Wheeler was born in Atlanta, Georgia in February 1963. His family later moved to Des Moines, Iowa, where he finished high school. Following high school, Wheeler served in the U.S. Army for two years, later returning to the Army National Guard and immediately volunteering for active duty service in 2005 and 2006. As a student, Wheeler played college football at Iowa Central Community College (Fort Dodge, Iowa) and Emporia State University (Emporia, Kansas). After returning from Army duty, Wheeler was a high school head football coach for one year, 2007.

While attending Emporia State University, Wheeler started a competing newspaper (Emporia Press Review) to the campus newspaper at Emporia State which received attention citywide and in a short time became a competitor to the city newspaper the Emporia Gazette.

Upon leaving Emporia State, Wheeler hosted a nationwide radio show, Reporter’s Journal. He then helped to create and develop the Washington, DC–based investigative television series, American Investigator Television Newsmagazine. Wheeler became a correspondent with the show and ultimately chief correspondent for the series that aired on NET (America's Voice) and later syndicated.

== Investigations and political advocacy ==

Wheeler has worked undercover to reveal the internal operations of Hamas within the United States, leading to several suspects named in the reports to be arrested. Wheeler also exposed a weapons-of-mass-destruction pipeline run out of the Middle East, posing as an undercover arms dealer during his investigation in 1998 and 1999. Wearing video and audio equipment, Wheeler recorded the suspects and tracked the arms procurement network back to Libya and reported on Libya's WMD program before it was known to US intelligence agencies.

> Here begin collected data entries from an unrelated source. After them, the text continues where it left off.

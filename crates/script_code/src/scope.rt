ghost use Rattle.std.specs.Prelude.{◌≡◌, ◌++◌, ◌∷◌, [], length, take, IfOk, OnOk};
ghost use Rattle.script_code.specs.Code.{slot_of, texts};

use script_tree::syntax::name::Name;
use script_tree::text::Text;
use std::alloc::{AllocError, Global};
use std::marker::Model;

/// The names in scope, the newest last. Contracts see their texts.
#[derive(Drop)]
pub(crate) struct Scope<'a> {
    names: Vec<&'a Text>,
}

impl<'a> Model for Scope<'a> {
    ghost use Rattle.std.specs.Prelude.{List, ℕ};
    ghost use Rattle.std.specs.Coded.{coded_list, coded_ℕ};

    ghost Value = { List (List ℕ) };

    ghost coded = { coded_list (coded_list coded_ℕ) };

    ghost use Rattle.script_code.specs.ScopeView.{names_in};

    ghost view = { names_in };
}

impl<'a> Scope<'a> {
    pub(crate) fn new(alloc: Global) -> Scope<'a>
        ensures { result ≡ [] }
    {
        Scope {
            names: Vec::new(alloc),
        }
    }

    /// These names are in scope, in order.
    pub(crate) fn of(alloc: Global, names: &'a [Name]) -> Result<Scope<'a>, AllocError>
        ensures { IfOk result (λ scope. scope ≡ texts names.now) }
    {
        let mut scope = Scope::new(alloc);
        for name in names {
            scope.declare(&name.text)?;
        }
        Ok(scope)
    }

    pub(crate) fn len(&self) -> usize
        ensures { result ≡ length self.now }
    {
        self.names.len()
    }

    /// The slot of a name; where it isn't in scope, the next free one.
    pub(crate) fn slot(&self, name: &Text) -> usize
        ensures { result ≡ slot_of self.now name.now }
    {
        let mut slot = 0usize;
        for known in self.names.as_slice() {
            if name.as_bytes() == known.as_bytes() {
                break;
            }
            slot += 1;
        }
        slot
    }

    /// Brings a name into scope.
    pub(crate) fn declare(&mut self, name: &'a Text) -> Result<(), AllocError>
        ensures { OnOk result (self.new ≡ self.old ++ name.now ∷ []) }
    {
        self.names.push(name)?;
        Ok(())
    }

    /// Leaves only so many names in scope, the oldest.
    pub(crate) fn leave(&mut self, kept: usize)
        ensures { self.new ≡ take kept self.old }
    {
        self.names.truncate(kept);
    }
}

During the Clinton Administration, Wheeler traveled to Asia and investigated the 1996 United States campaign finance controversy. Many of his reports during this period were used in criminal prosecutions, congressional investigations and hearings, and were recognized by members of Congress as the catalysts for their investigations. Wheeler produced the documentary Trading with the Enemy: How the Clinton Administration Armed China that claimed that President Clinton had decontrolled dangerous military technology to The People's Republic of China while receiving illegal donations from operatives from PRC.
In 2003, Wheeler's reportage led to the exposure of a foreign agent from China operating inside the U.S. posing as a college student.

In 2009, Wheeler co-authored, along with Dr. Peter Leitner, the book Shadow Government: What Obama Doesn't Want You To Know About His Czars. The book's content was used in long-form campaign advertisements run by the National Republican Trust PAC right before the 2010 election.

In 2012 Wheeler wrote the book, Promoting Decline: Obama vs. America. Wheeler has been a frequent guest on Fox News Channel and Fox Business News.